In sharp contrast to the large, complex, expensive satellites that have long been the norm, each Dove satellite takes only a few months to build, weighs eleven pounds, and costs less than $1 million — peanuts by the standards of satellites and cheap enough that failure will result in learning, not bankruptcy. Planet has put hundreds of these satellites into orbit, where they form “flocks” that monitor the climate, farm conditions, disaster response, and urban planning. Despite privacy concerns that need addressing by policy makers, Dove satellites are a powerful illustration of the adaptability and scalability of modular systems, especially when contrasted with NASA’s bespoke approach.

Subways would seem to be an even harder case for modularization, but when Madrid Metro carried out one of the world’s largest subway expansions between 1995 and 2003, it leaned on modularity in two ways.

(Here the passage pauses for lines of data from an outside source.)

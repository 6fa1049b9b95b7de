// Annex D: table D.1, and the text from D.1 to D.4.3.
ghost use Rattle.std.specs.Prelude.{◌≡◌, ◌<◌, slice_index, map, refl};
ghost use Rattle.properties.specs.Answers.{numbers};
ghost use Rattle.printed_tables.specs.Gas.{gas_totals};
ghost use Rattle.printed_tables.specs.Text.{text_values, text_steps, text_figure};
ghost use Rattle.printed_tables.specs.Parts.{text_figures};
ghost use Rattle.printed_tables.specs.declared.text.TheConstants.{FIGURES};

use super::gas::TableD1;
use super::parts::{Counts, Part, count};
use super::places::{Place, print_differences};
use super::{gas, text};
use properties::quantities::{CalorificValue, RelativeDensity};
use properties::{Properties, steps};
use records::{Pair, Refusal};
use std::io;

// The values of the figures of the text, six to a row, as in specs/Text: one list of thirty is no plainer.
pub type Values = [[u64; 6]; 5];

// The values whose figures are printed, from the sums and the properties of the gas: h_m is the calorific value per kilogram, unit
// 10 J/kg, and the ideal relative density has 1 for the compression factor of air.
#[tactic(auto, using(crate::proofs::GasLaws::h_value, crate::proofs::GasLaws::m_value, crate::proofs::GasLaws::ideal_h_lem, crate::proofs::GasLaws::ideal_d_lem), unfolding(crate::specs::Text::ideal_hm, crate::specs::Text::ideal_h, crate::specs::Text::ideal_d, crate::specs::Text::ideal_rho, crate::specs::Text::ideal_w, properties::specs::Chain::D, properties::specs::Chain::T))]
fn values(totals: gas::Totals, p: Properties) -> Values
    requires { totals ≡ gas_totals }
    ensures { result ≡ text_values (numbers p) }
{
    let h_m = steps::per_kilogram(totals.h, totals.m).value();
    let h_0 = steps::ideal_calorific_value(totals.h, 15);
    let d_0 = steps::ideal_relative_density(totals.m, 100000);
    let rho_0 = steps::ideal_density(totals.m, 15);
    let w_0 = steps::wobbe_index(CalorificValue::new(h_0), RelativeDensity::new(d_0)).value();
    let z = p.z.value();
    let h = p.hs.value();
    let d = p.d.value();
    let rho = p.rho.value();
    let w = p.w.value();
    [
        [totals.x, totals.m, totals.h, totals.s, totals.h, h_m],
        [h_m, totals.mass, h_0, h_0, totals.volume, totals.s],
        [z, z, h, h, d_0, d_0],
        [d, d, rho_0, rho_0, rho, rho],
        [w_0, w_0, w, w, w, 0],
    ]
}

// The k-th figure, by its place as `Part` counts it.
fn figure_of(k: usize) -> text::Figure
    requires { k < text_figures }
    ensures digits { result.digits ≡ slice_index (map (λ figure. figure.digits) FIGURES) k }
    ensures scale { 0 < result.scale }
    ensures step_above { 0 < result.step }
    ensures step { result.step ≡ slice_index text_steps k }
{
    text::FIGURES[k]
}

// The text after the rows of table D.1, with the values of its figures.
#[derive(Drop)]
struct Text {
    values: Values,
}

impl Part for Text {
    const NAME: &'static str = "annex D";

    ghost figures = { text_figures };

    ghost printed = { map (λ figure. figure.digits) FIGURES };

    ghost calculated = { λ text. text_figure text.values };

    fn len(&self) -> usize {
        text::FIGURES.len()
    }

    fn printed(&self, k: usize) -> u64 {
        u64::from(figure_of(k).digits)
    }

    fn calculated(&self, k: usize) -> u64 {
        rounding::nearest(self.values[k / 6][k % 6], figure_of(k).step)
    }

    fn scale(&self, k: usize) -> u64 {
        figure_of(k).scale
    }

    fn place(&self, k: usize) -> Place {
        Place::Text {
            name: text::NAMES[k],
        }
    }

    ghost whole = { refl };
}

// All figures, with the properties of the gas's record.
fn print_figures(rt: &impl Print, p: Properties) -> io::Result<()> {
    let text = Text {
        values: values(gas::gas_totals(), p),
    };
    print_differences(rt, &TableD1)?;
    print_differences(rt, &text)?;
    let rows = count(Counts::new(), &TableD1);
    println!(rt; "annex D: {}", count(rows, &text))
}

// The properties of the gas at 15/15, from its record.
fn properties() -> Result<Properties, Refusal> {
    let pair = Pair {
        combustion: 15,
        metering: 15,
    };
    // An array takes no computed length: 48 is `record_length(8)`.
    let mut record = [0u8; 48];
    records::write(pair, &gas::LINES, &gas::FRACTIONS, &mut record)?;
    properties::properties_of(&record)
}

pub fn print_comparison(rt: &impl Print) -> io::Result<()> {
    match properties() {
        Ok(p) => print_figures(rt, p)?,
        Err(_) => println!(rt; "annex D: the record is refused")?,
    }
    println!(rt; "not compared: the fractions x of table D.1, the input")?;
    println!(rt; "not compared: the constants p2, T2, R, molar mass of air, Z of air")?;
    println!(rt; "not compared: figures that a later formula of annex D repeats")?;
    println!(rt; "not compared: D.5 and table D.2, estimates of precision")
}
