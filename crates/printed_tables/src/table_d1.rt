// Table D.1 of source document 002: the lines of the example gas, a component a row, with M, H, s, x M, x H and x s. A figure stands as its
// digits, without the decimal sign.
// Rows end to end: `Part` counts figures through, and would flatten an array of rows at each look-up.
pub const FIGURES: [u32; 48] = [
    16043, 89156, 447, 148350, 82443, 4133, // 1 methane
    30070, 156214, 922, 10525, 5467, 323, // 2 ethane
    44097, 222110, 1338, 4322, 2177, 131, // 3 propane
    58123, 287976, 1871, 1279, 634, 41, // 4 n-butane
    58123, 287058, 1789, 1976, 976, 61, // 5 2-methylpropane
    72150, 353860, 2510, 433, 212, 15, // 6 n-pentane
    280135, 0, 173, 4902, 0, 30, // 52 nitrogen
    44010, 0, 748, 2993, 0, 51, // 54 carbon dioxide
];
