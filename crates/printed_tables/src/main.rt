// Compares the figures that source document 002 prints in table 5, table 4 and annex D with those of the library's functions. Prints each
// figure that is not equal, with its place, how many are equal, one off in the last printed digit and neither, and what is printed in the
// source and not compared.
#![tactic(auto)]

mod annex_d;
mod gas;
mod parts;
mod places;
mod table_4;
mod table_5;
mod table_d1;
mod tables;
mod text;

use std::io;

fn print_comparisons(rt: &impl Print) -> io::Result<()> {
    tables::print_comparison(rt, &tables::Table5)?;
    tables::print_comparison(rt, &tables::Table4)?;
    annex_d::print_comparison(rt)
}

// It ends alike where a write fails.
fn main(rt: HostRuntime) {
    let _ = print_comparisons(&rt);
}
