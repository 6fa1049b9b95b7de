// The figures of annex D of source document 002 after the rows of table D.1, section after section.

// A figure stands as its digits, without the decimal sign. The scale is 1000 for three decimals, and the step is how many of the value's
// unit make one in the last digit.
#[derive(Clone, Copy)]
pub struct Figure {
    pub digits: u32,
    pub scale: u64,
    pub step: u64,
}

pub const FIGURES: [Figure; 29] = [
    Figure {
        digits: 10000,
        scale: 10000,
        step: 100,
    },
    Figure {
        digits: 17478,
        scale: 1000,
        step: 10000000,
    },
    Figure {
        digits: 91909,
        scale: 100,
        step: 10000000,
    },
    Figure {
        digits: 4785,
        scale: 100000,
        step: 100000,
    },
    Figure {
        digits: 91909,
        scale: 100,
        step: 10000000,
    },
    Figure {
        digits: 52586,
        scale: 1000,
        step: 100,
    },
    Figure {
        digits: 5259,
        scale: 100,
        step: 1000,
    },
    Figure {
        digits: 5259,
        scale: 100,
        step: 10000000000,
    },
    Figure {
        digits: 38870,
        scale: 1000,
        step: 1000,
    },
    Figure {
        digits: 3887,
        scale: 100,
        step: 10000,
    },
    Figure {
        digits: 3887,
        scale: 100,
        step: 10000000000,
    },
    Figure {
        digits: 4785,
        scale: 100000,
        step: 100000,
    },
    Figure {
        digits: 99771,
        scale: 100000,
        step: 10000,
    },
    Figure {
        digits: 9977,
        scale: 10000,
        step: 100000,
    },
    Figure {
        digits: 38959,
        scale: 1000,
        step: 1000,
    },
    Figure {
        digits: 3896,
        scale: 100,
        step: 10000,
    },
    Figure {
        digits: 60347,
        scale: 100000,
        step: 1000,
    },
    Figure {
        digits: 6035,
        scale: 10000,
        step: 10000,
    },
    Figure {
        digits: 60460,
        scale: 100000,
        step: 1000,
    },
    Figure {
        digits: 6046,
        scale: 10000,
        step: 10000,
    },
    Figure {
        digits: 73918,
        scale: 100000,
        step: 1000,
    },
    Figure {
        digits: 7392,
        scale: 10000,
        step: 10000,
    },
    Figure {
        digits: 74088,
        scale: 100000,
        step: 1000,
    },
    Figure {
        digits: 7409,
        scale: 10000,
        step: 10000,
    },
    Figure {
        digits: 50036,
        scale: 1000,
        step: 1000,
    },
    Figure {
        digits: 5004,
        scale: 100,
        step: 10000,
    },
    Figure {
        digits: 50104,
        scale: 1000,
        step: 1000,
    },
    Figure {
        digits: 5010,
        scale: 100,
        step: 10000,
    },
    Figure {
        digits: 5011,
        scale: 100,
        step: 10000,
    },
];

// Their names, apart from the numbers: no proof names a constant in which text stands.
pub const NAMES: [&str; 29] = [
    "table D.1, total x",
    "table D.1, total x M",
    "table D.1, total x H",
    "table D.1, total x s",
    "D.1, ideal H per mole",
    "D.2, ideal H per kilogram",
    "D.2, ideal H per kilogram",
    "D.2, by formula (7)",
    "D.3, ideal H",
    "D.3, ideal H",
    "D.3, by formula (9)",
    "D.3, sum of x s",
    "D.3, Z",
    "D.3, Z",
    "D.3, H",
    "D.3, H",
    "D.4.1, ideal d",
    "D.4.1, ideal d",
    "D.4.1, d",
    "D.4.1, d",
    "D.4.2, ideal rho",
    "D.4.2, ideal rho",
    "D.4.2, rho",
    "D.4.2, rho",
    "D.4.3, ideal W",
    "D.4.3, ideal W",
    "D.4.3, W",
    "D.4.3, W",
    "D.4.3, W with all digits",
];
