// Tables 4 and 5: the ideal calorific value per kilogram and per cubic metre of the lines 1 to 48, superior and inferior by turns.
ghost use Rattle.std.specs.Prelude.{◌≡◌, ◌/◌, ◌<◌, ◌≤◌, slice_index, refl};
ghost use Rattle.components.specs.Table.{superior};
ghost use Rattle.components.specs.Temperatures.{heat_place};
ghost use Rattle.printed_tables.specs.Figures.{number_of, scale_of, figure_per_kilogram, superiors, meterings, figure_per_cubic_metre};

use super::parts::{Counts, Part, count};
use super::places::{Place, print_differences};
use super::{table_4, table_5};
use components::Combustion;
use properties::quantities::MassCalorificValue;
use properties::steps;
use std::io;

// A number of the component table, without its sign; line and column are those of `components::entry`.
#[tactic(auto, using(components::proofs::Entries::entry_below))]
pub fn number(line: usize, column: usize) -> u64
    requires { (1 ≤ line) × (line ≤ 55) × (column < 12) }
    ensures value { result ≡ number_of line column }
    ensures small { result ≤ 10000000 }
{
    u64::from(components::entry(line as u8, column).unsigned_abs())
}

// By turns.
const VALUES: [&str; 2] = ["superior", "inferior"];

// Table 4, the ideal calorific value per kilogram.
pub struct Table4;

impl Table4 {
    const TEMPERATURES: [&'static str; 4] = ["25", "20", "15", "0"];

    // Three decimals for methane, two for the other lines.
    fn scale_of_line(line: usize) -> u64
        ensures { (result ≡ scale_of 4 line) × (result ≤ 1000) }
    {
        if line == 1 { 1000 } else { 100 }
    }

    // The figure of a line in a column.
    #[tactic(auto, using(components::proofs::Entries::entry_by_mass, crate::proofs::NumberLaws::mass_above))]
    fn figure(line: usize, column: usize) -> u64
        requires { (1 ≤ line) × (line ≤ 55) × (column < 8) }
        ensures { result ≡ figure_per_kilogram line column }
    {
        let h = number(line, Combustion::At25.superior() + column);
        let m = number(line, components::MOLAR_MASS);
        let value = steps::per_kilogram(1000000 * h, 1000000 * m).value();
        rounding::nearest(value * Self::scale_of_line(line), MassCalorificValue::SCALE)
    }
}

impl Part for Table4 {
    const NAME: &'static str = "table 4";

    ghost use Rattle.printed_tables.specs.Parts.{table_4_figures, table_4_figure};
    ghost use Rattle.printed_tables.specs.declared.table_4.TheConstants.{FIGURES};

    ghost figures = { table_4_figures };

    ghost printed = { FIGURES };

    ghost calculated = { λ _. table_4_figure };

    fn len(&self) -> usize {
        table_4::FIGURES.len()
    }

    fn printed(&self, k: usize) -> u64 {
        u64::from(table_4::FIGURES[k])
    }

    fn calculated(&self, k: usize) -> u64 {
        Self::figure(k / 8 + 1, k % 8)
    }

    fn scale(&self, k: usize) -> u64 {
        Self::scale_of_line(k / 8 + 1)
    }

    fn place(&self, k: usize) -> Place {
        Place::Cell {
            line: k / 8 + 1,
            value: VALUES[k % 2],
            conditions: Self::TEMPERATURES[k % 8 / 2],
        }
    }

    ghost whole = { refl };
}

// A pair of conditions of table 5, the metering temperature in °C.
#[derive(Clone, Copy)]
struct Conditions {
    combustion: Combustion,
    metering: u8,
}

// Table 5, the ideal calorific value per cubic metre.
pub struct Table5;

impl Table5 {
    const CONDITIONS: [Conditions; 6] = [
        Conditions {
            combustion: Combustion::At15,
            metering: 15,
        },
        Conditions {
            combustion: Combustion::At0,
            metering: 0,
        },
        Conditions {
            combustion: Combustion::At15,
            metering: 0,
        },
        Conditions {
            combustion: Combustion::At25,
            metering: 0,
        },
        Conditions {
            combustion: Combustion::At20,
            metering: 20,
        },
        Conditions {
            combustion: Combustion::At25,
            metering: 20,
        },
    ];

    // Their names, apart from the numbers: no proof names a constant in which text stands.
    const NAMES: [&'static str; 6] = ["15/15", "0/0", "15/0", "25/0", "20/20", "25/20"];

    // Three decimals for methane and hydrogen, two for the other lines.
    fn scale_of_line(line: usize) -> u64
        ensures { (result ≡ scale_of 5 line) × (result ≤ 1000) }
    {
        if line == 1 || line == 41 { 1000 } else { 100 }
    }

    fn conditions_of(column: usize) -> Conditions
        requires { column < 12 }
        ensures superior { superior (heat_place result.combustion) ≡ slice_index superiors (column / 2) }
        ensures metering { result.metering ≡ slice_index meterings (column / 2) }
    {
        Self::CONDITIONS[column / 2]
    }

    // The figure of a line in a column.
    fn figure(line: usize, column: usize) -> u64
        requires { (1 ≤ line) × (line ≤ 55) × (column < 12) }
        ensures { result ≡ figure_per_cubic_metre line column }
    {
        let conditions = Self::conditions_of(column);
        let h = number(line, conditions.combustion.superior() + column % 2);
        let value = steps::ideal_calorific_value(1000000 * h, conditions.metering);
        rounding::nearest(value * Self::scale_of_line(line), 1000000)
    }
}

impl Part for Table5 {
    const NAME: &'static str = "table 5";

    ghost use Rattle.printed_tables.specs.Parts.{table_5_figures, table_5_figure};
    ghost use Rattle.printed_tables.specs.declared.table_5.TheConstants.{FIGURES};

    ghost figures = { table_5_figures };

    ghost printed = { FIGURES };

    ghost calculated = { λ _. table_5_figure };

    fn len(&self) -> usize {
        table_5::FIGURES.len()
    }

    fn printed(&self, k: usize) -> u64 {
        u64::from(table_5::FIGURES[k])
    }

    fn calculated(&self, k: usize) -> u64 {
        Self::figure(k / 12 + 1, k % 12)
    }

    fn scale(&self, k: usize) -> u64 {
        Self::scale_of_line(k / 12 + 1)
    }

    fn place(&self, k: usize) -> Place {
        Place::Cell {
            line: k / 12 + 1,
            value: VALUES[k % 2],
            conditions: Self::NAMES[k % 12 / 2],
        }
    }

    ghost whole = { refl };
}

pub fn print_comparison<P: Part>(rt: &impl Print, table: &P) -> io::Result<()> {
    let name = P::NAME;
    print_differences(rt, table)?;
    println!(rt; "{name}: {}", count(Counts::new(), table))?;
    println!(rt; "not compared: the names of {name}; it has no lines 49 to 55")
}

First, the seventy-six stations required for the expansion were treated like Lego, with all sharing the same simple, clean, functional design. Costs plunged, and speed of delivery soared. To amplify those effects, Madrid Metro shunned new technologies. Only proven technologies — those with a high degree of “frozen experience” — were used. 

Second, the Metro leadership made an important conceptual breakthrough by also treating lengths of tunnel as Lego. Initially, they calculated the optimal length of tunnel that one boring machine and its crew could deliver — typically three to six kilometers in two hundred to four hundred days. Then they divided the total length of tunnels they needed to bore by that amount and hired the number of teams and machines they needed to meet the schedule. At times, they had up to six machines working at once, which was unheard of at the time. Treating lengths of tunnel like Lego pushed the project further up the positive learning curve, cut the total time required, and saved buckets of money. In total, Madrid Metro produced 131 kilometers (81 miles) of rail and seventy-six stations in just two stages of four years each. That’s twice the speed of the industry average. And it did so at half the cost. We need more behavior like this in mega-project management. 

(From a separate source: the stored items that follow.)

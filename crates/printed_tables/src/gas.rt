// The gas of annex D at 15/15: table D.1, its sums, and formulas (7) and (9).
ghost use Rattle.std.specs.Prelude.{◌≡◌, ◌%◌, ◌<◌, ◌≤◌, slice_index, refl};
ghost use Rattle.properties.specs.Chain.{HmSuperior, M, S};
ghost use Rattle.printed_tables.specs.Figures.{number_of};
ghost use Rattle.printed_tables.specs.Gas.{gas, line_at, fraction_at, mass_part, volume_part, gas_totals};
ghost use Rattle.printed_tables.specs.TableD1.{row_columns, row_scales, row_units, row_weight, row_scale, row_figure};

use super::parts::Part;
use super::places::Place;
use super::{table_d1, tables};
use components::{Combustion, Metering, Sums};
use properties::steps;

// The lines, and their mole fractions in ppm: two lists, as `records::write` takes them.
pub const LINES: [u8; 8] = [1, 2, 3, 4, 5, 6, 52, 54];

pub const FRACTIONS: [u32; 8] = [924700, 35000, 9800, 2200, 3400, 600, 17500, 6800];

// A column of table D.1: its column of the component table, the scale of its figures, and how many of the unit make 1.
#[derive(Clone, Copy)]
struct Column {
    column: usize,
    scale: u64,
    unit: u64,
}

const COLUMNS: [Column; 6] = [
    Column {
        column: 0,
        scale: 1000,
        unit: 10000,
    },
    Column {
        column: 8,
        scale: 100,
        unit: 1000,
    },
    Column {
        column: 2,
        scale: 10000,
        unit: 10000,
    },
    Column {
        column: 0,
        scale: 10000,
        unit: 10000000000,
    },
    Column {
        column: 8,
        scale: 100,
        unit: 1000000000,
    },
    Column {
        column: 2,
        scale: 100000,
        unit: 10000000000,
    },
];

// Their names, apart from the numbers: no proof names a constant in which text stands.
const NAMES: [&str; 6] = ["M", "H", "s", "x M", "x H", "x s"];

// The column of the k-th figure. Here a figure is its place in the list, as `Part` counts it: a type of it would be this number.
fn column_of(k: usize) -> Column
    ensures column { result.column ≡ slice_index row_columns (k % 6) }
    ensures scale { result.scale ≡ slice_index row_scales (k % 6) }
    ensures unit { result.unit ≡ slice_index row_units (k % 6) }
{
    COLUMNS[k % 6]
}

// The i-th line's number in a column of the component table, without its sign: `tables::number` where the line stands in a list. By its place,
// as specs/Gas has it: a type of places would be this number too.
fn number(i: usize, column: usize) -> u64
    requires { (i < 8) × (column < 12) }
    ensures value { result ≡ number_of (line_at i) column }
    ensures small { result ≤ 10000000 }
{
    tables::number(usize::from(LINES[i]), column)
}

fn fraction(i: usize) -> u64
    requires { i < 8 }
    ensures { result ≡ fraction_at i }
{
    u64::from(FRACTIONS[i])
}

// Table D.1.
pub struct TableD1;

impl Part for TableD1 {
    const NAME: &'static str = "annex D, table D.1";

    ghost use Rattle.printed_tables.specs.Parts.{table_d1_figures};
    ghost use Rattle.printed_tables.specs.TableD1.{row_figure};
    ghost use Rattle.printed_tables.specs.declared.table_d1.TheConstants.{FIGURES};

    ghost figures = { table_d1_figures };

    ghost printed = { FIGURES };

    ghost calculated = { λ _. row_figure };

    fn len(&self) -> usize {
        table_d1::FIGURES.len()
    }

    fn printed(&self, k: usize) -> u64 {
        u64::from(table_d1::FIGURES[k])
    }

    fn calculated(&self, k: usize) -> u64 {
        figure(k)
    }

    fn scale(&self, k: usize) -> u64 {
        scale(k)
    }

    fn place(&self, k: usize) -> Place {
        Place::Row {
            line: LINES[k / 6],
            name: NAMES[k % 6],
        }
    }

    ghost whole = { refl };
}

// The scale of the k-th figure. Molar masses have three decimals, and nitrogen's, figure 36, four.
fn scale(k: usize) -> u64
    ensures { (result ≡ row_scale k) × (0 < result) }
{
    if k == 36 {
        return 10000;
    }
    column_of(k).scale
}

// What the number of the table is multiplied by: 1 or x.
fn weight(k: usize) -> u64
    requires { k < 48 }
    ensures { result ≡ row_weight k }
{
    if k % 6 < 3 {
        return 1;
    }
    fraction(k / 6)
}

// The k-th figure as calculated.
#[tactic(auto, using(crate::proofs::GasLaws::product_high, crate::proofs::GasLaws::scaled_high))]
fn figure(k: usize) -> u64
    requires { k < 48 }
    ensures { result ≡ row_figure k }
{
    let column = column_of(k);
    let n = number(k / 6, column.column);
    rounding::nearest(weight(k) * n * scale(k), column.unit)
}

// The sums of x H, x M, x s and x, of formula (7), unit 10^-12 MJ/kg, and of formula (9), unit 10^-6 J/m³.
#[derive(Clone, Copy)]
pub struct Totals {
    pub h: u64,
    pub m: u64,
    pub s: u64,
    pub x: u64,
    pub mass: u64,
    pub volume: u64,
}

// A line's part of formula (7): its mass fraction, unit 10^-7, times its calorific value, unit 10^-5 MJ/kg. It shares no sum or division
// with (9), which has no masses, so each formula is a function.
#[tactic(auto, using(crate::proofs::GasLaws::mass_high_lem, crate::proofs::GasLaws::mass_part_high, crate::proofs::GasLaws::m_value, crate::proofs::GasLaws::line_in, crate::proofs::NumberLaws::mass_above), unfolding(crate::specs::Gas::mass_part))]
fn mass_part(i: usize, total: u64) -> u64
    requires { (i < 8) × (total ≡ M gas) }
    ensures { result ≡ mass_part i }
{
    let m = number(i, components::MOLAR_MASS);
    let h = number(i, Combustion::At15.superior());
    let fraction = rounding::nearest(fraction(i) * m * 10000000, total);
    fraction * rounding::nearest(1000000 * h, m)
}

// A line's part of formula (9): its fraction times its calorific value.
#[tactic(auto, using(crate::proofs::GasLaws::volume_part_high), unfolding(crate::specs::Gas::volume_part, properties::specs::Chain::D, properties::specs::Chain::T))]
fn volume_part(i: usize) -> u64
    requires { i < 8 }
    ensures { result ≡ volume_part i }
{
    let h = number(i, Combustion::At15.superior());
    fraction(i) * steps::ideal_calorific_value(1000000 * h, 15)
}

// The sums of the gas over the component table, h and s at 15 °C. `sums_of` of properties takes an accepted record: one would be written
// and read for it, and the sums could be refused.
fn sums() -> Sums
    ensures superior { result.superior ≡ HmSuperior gas }
    ensures mass { result.mass ≡ M gas }
    ensures summation { result.summation ≡ S gas }
{
    let mut sums = Sums::default();
    for (line, fraction) in LINES.iter().zip(&FRACTIONS) {
        sums.add(*line, *fraction, Combustion::At15, Metering::At15);
    }
    sums
}

pub fn gas_totals() -> Totals
    ensures { result ≡ gas_totals }
{
    let sums = sums();
    let m = sums.mass;
    let s = sums.summation.unsigned_abs();
    let mut x = 0;
    let mut mass = 0;
    let mut volume = 0;
    // One loop by place: as chains, three sums would go over the lines three times.
    #[tactic(auto, unfolding(crate::specs::Gas::sum_to))]
    for i in 0..8 {
        x += fraction(i);
        mass += mass_part(i, m);
        volume += volume_part(i);
    }
    Totals {
        h: sums.superior,
        m,
        s,
        x,
        mass,
        volume,
    }
}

The key elements of modularity appear to be central to Elon Musk’s general approach to engineering.

Then there is freight shipping. Since time immemorial, stevedores carefully loaded a ship by hand, one item at a time, so the cargo wouldn’t shift at sea, and when the ship got to its destination, the process was reversed. It was hard, dangerous, slow work. But in the 1950s, an American shipper named Malcolm McLean thought that maybe cargo should be put into identical steel boxes that could be stacked into ships and transferred directly to trains and trucks at the destination. It was a modest idea; McLean thought it would reduce costs somewhat.

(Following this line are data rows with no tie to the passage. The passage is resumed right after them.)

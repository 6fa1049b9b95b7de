// The figures that differ, as they are printed with their places.
ghost use Rattle.std.specs.Prelude.{◌<◌};

use super::parts::Part;
use std::fmt::{Display, Formatter};
use std::{fmt, io};

// Where a figure stands in its part of the source.
#[derive(Clone, Copy)]
pub enum Place {
    Cell {
        line: usize,
        value: &'static str,
        conditions: &'static str,
    },
    Row {
        line: u8,
        name: &'static str,
    },
    Text {
        name: &'static str,
    },
}

impl Display for Place {
    fn fmt<W: fmt::Write>(&self, f: &mut Formatter<W>) -> fmt::Result {
        match *self {
            Self::Cell {
                line,
                value,
                conditions,
            } => write!(f, "line {line}, {value}, {conditions}"),
            Self::Row { line, name } => write!(f, "line {line}, {name}"),
            Self::Text { name } => write!(f, "{name}"),
        }
    }
}

// The digits of a figure, and its scale: 1000 for three decimals.
#[derive(Clone, Copy)]
struct Figure {
    digits: u64,
    scale: u64,
    ghost some: { 0 < scale },
}

impl Figure {
    fn new(digits: u64, scale: u64) -> Self
        requires { 0 < scale }
    {
        Self { digits, scale }
    }
}

// With its decimal point.
impl Display for Figure {
    fn fmt<W: fmt::Write>(&self, f: &mut Formatter<W>) -> fmt::Result {
        let whole = self.digits / self.scale;
        let rest = self.digits % self.scale;
        let decimals = self.scale.ilog10() as usize;
        write!(f, "{whole}.{rest:0decimals$}")
    }
}

// Prints the figures of a part whose digits as printed and as calculated differ.
pub fn print_differences<P: Part>(rt: &impl Print, part: &P) -> io::Result<()> {
    for k in 0..part.len() {
        let scale = part.scale(k);
        let (printed, calculated) = (part.printed(k), part.calculated(k));
        if printed != calculated {
            let place = part.place(k);
            let printed = Figure::new(printed, scale);
            let calculated = Figure::new(calculated, scale);
            println!(rt;
                "{}, {place}: printed {printed}, calculated {calculated}",
                P::NAME
            )?;
        }
    }
    Ok(())
}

But by turning cargo into Lego, it made shipping extremely modular and cost effective. The stacks on ships got taller. The ships got bigger. The transfer from one mode of transportation to another got quicker. The speed and ease of transporting goods soared, while costs plunged so steeply that the economics of production and distribution worldwide were changed. In The Box: How the Shipping Container Made the World Smaller and the World Economy Bigger, the definitive history of containerization, the economist Marc Levinson argued compellingly that the humble shipping container was nothing less than a major cause of globalization.

It’s no small accomplishment to drastically reduce costs and boost speeds. But modularization does more than that; it radically reduces risk — to such an extent that modularization may be the most effective way to “cut the tail.”